■ Dataset
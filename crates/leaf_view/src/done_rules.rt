//! The items of the table of what is done.

ghost use Rattle.std.specs.Prelude.{◌≡◌, ◌≤◌, ℕ, [], ◌∷◌, Option, MatchOption};
ghost use Rattle.byte_format.specs.Plain.{items_in, IsListed};
ghost use Rattle.std.specs.Option.{option_copied};
ghost use Rattle.db_base.specs.Limits.{last_client};
ghost use Rattle.byte_format.specs.Gives.{Gives};
ghost use Rattle.leaf_view.specs.Leaf.{done_item, least_queue, least_client, plain_done};

use crate::done::Done;
use byte_format::{Rules, Stop, more_at, u8_at, u64_at};
use db_base::ids::ClientId;

/// Items ascend by queue and then client.
pub(crate) struct DoneRules;

impl<'a> Rules<'a> for DoneRules {
    type Item = Done;

    ghost item_format = { λ _ before. done_item before };

    #[tactic(auto, unfolding(crate::specs::Leaf::done_item))]
    fn item(&self, before: Option<&Done>, bytes: &'a [u8]) -> Result<(Done, &'a [u8]), Stop> {
        let (queue, rest) = u64_at(bytes, least_queue(before), u64::MAX)?;
        let (client, rest) = u8_at(rest, least_client(before, queue), 64)?;
        let (number, rest) = u64_at(rest, 1, u64::MAX)?;
        Ok((
            Done {
                queue,
                client: client_of(client),
                number,
            },
            rest,
        ))
    }
}

fn client_of(n: u8) -> ClientId
    requires some { 1 ≤ n }
    requires most { n ≤ last_client }
    ensures { result ≡ n }
{
    ClientId::new(u64::from(n)).unwrap()
}

fn least_queue(before: Option<&Done>) -> u64
    ensures { result ≡ least_queue (option_copied before.entry) }
{
    match before {
        None => 0,
        Some(last) => last.queue,
    }
}

fn least_client(before: Option<&Done>, queue: u64) -> u8
    ensures least { result ≡ least_client (option_copied before.entry) queue }
    ensures some { 1 ≤ result }
{
    match before {
        Some(last) if last.queue == queue => last.client.get() as u8 + 1,
        _ => 1,
    }
}

/// An item of a list that was checked, and the bytes behind it.
#[tactic(auto, unfolding(crate::specs::Leaf::plain_done))]
pub(crate) fn done_at(bytes: &[u8]) -> Result<(Done, &[u8]), Stop>
    ensures { Gives (λ x. (x.0, x.1.now)) result (plain_done.reading bytes.now) }
{
    let (queue, rest) = u64_at(bytes, 0, u64::MAX)?;
    let (client, rest) = u8_at(rest, 1, 64)?;
    let (number, rest) = u64_at(rest, 1, u64::MAX)?;
    Ok((
        Done {
            queue,
            client: client_of(client),
            number,
        },
        rest,
    ))
}

/// The first item of a list that was checked, and the rest of the list.
pub(crate) fn split_done(bytes: &[u8]) -> Option<(Done, &[u8])>
    requires { IsListed plain_done bytes.now }
    ensures { MatchOption result (items_in plain_done bytes.now ≡ [])
        (λ x. IsListed plain_done x.1.now
        × (items_in plain_done bytes.now ≡ x.0 ∷ items_in plain_done x.1.now)) }
{
    let Ok((more, rest)) = more_at(bytes, true) else {
        unreachable!()
    };
    if !more {
        return None;
    }
    let Ok((item, rest)) = done_at(rest) else {
        unreachable!()
    };
    Some((item, rest))
}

■ What you need to do
Up to and including the line with "n ≤ last_client", reproduce the material above exactly as it appears, starting from its first line.

■ Result
filename crates/leaf_view/src/done_rules.rt
//! The items of the table of what is done.

ghost use Rattle.std.specs.Prelude.{◌≡◌, ◌≤◌, ℕ, [], ◌∷◌, Option, MatchOption};
ghost use Rattle.byte_format.specs.Plain.{items_in, IsListed};
ghost use Rattle.std.specs.Option.{option_copied};
ghost use Rattle.db_base.specs.Limits.{last_client};
ghost use Rattle.byte_format.specs.Gives.{Gives};
ghost use Rattle.leaf_view.specs.Leaf.{done_item, least_queue, least_client, plain_done};

use crate::done::Done;
use byte_format::{Rules, Stop, more_at, u8_at, u64_at};
use db_base::ids::ClientId;

/// Items ascend by queue and then client.
pub(crate) struct DoneRules;

impl<'a> Rules<'a> for DoneRules {
    type Item = Done;

    ghost item_format = { λ _ before. done_item before };

    #[tactic(auto, unfolding(crate::specs::Leaf::done_item))]
    fn item(&self, before: Option<&Done>, bytes: &'a [u8]) -> Result<(Done, &'a [u8]), Stop> {
        let (queue, rest) = u64_at(bytes, least_queue(before), u64::MAX)?;
        let (client, rest) = u8_at(rest, least_client(before, queue), 64)?;
        let (number, rest) = u64_at(rest, 1, u64::MAX)?;
        Ok((
            Done {
                queue,
                client: client_of(client),
                number,
            },
            rest,
        ))
    }
}

fn client_of(n: u8) -> ClientId
    requires some { 1 ≤ n }
    requires most { n ≤ last_client }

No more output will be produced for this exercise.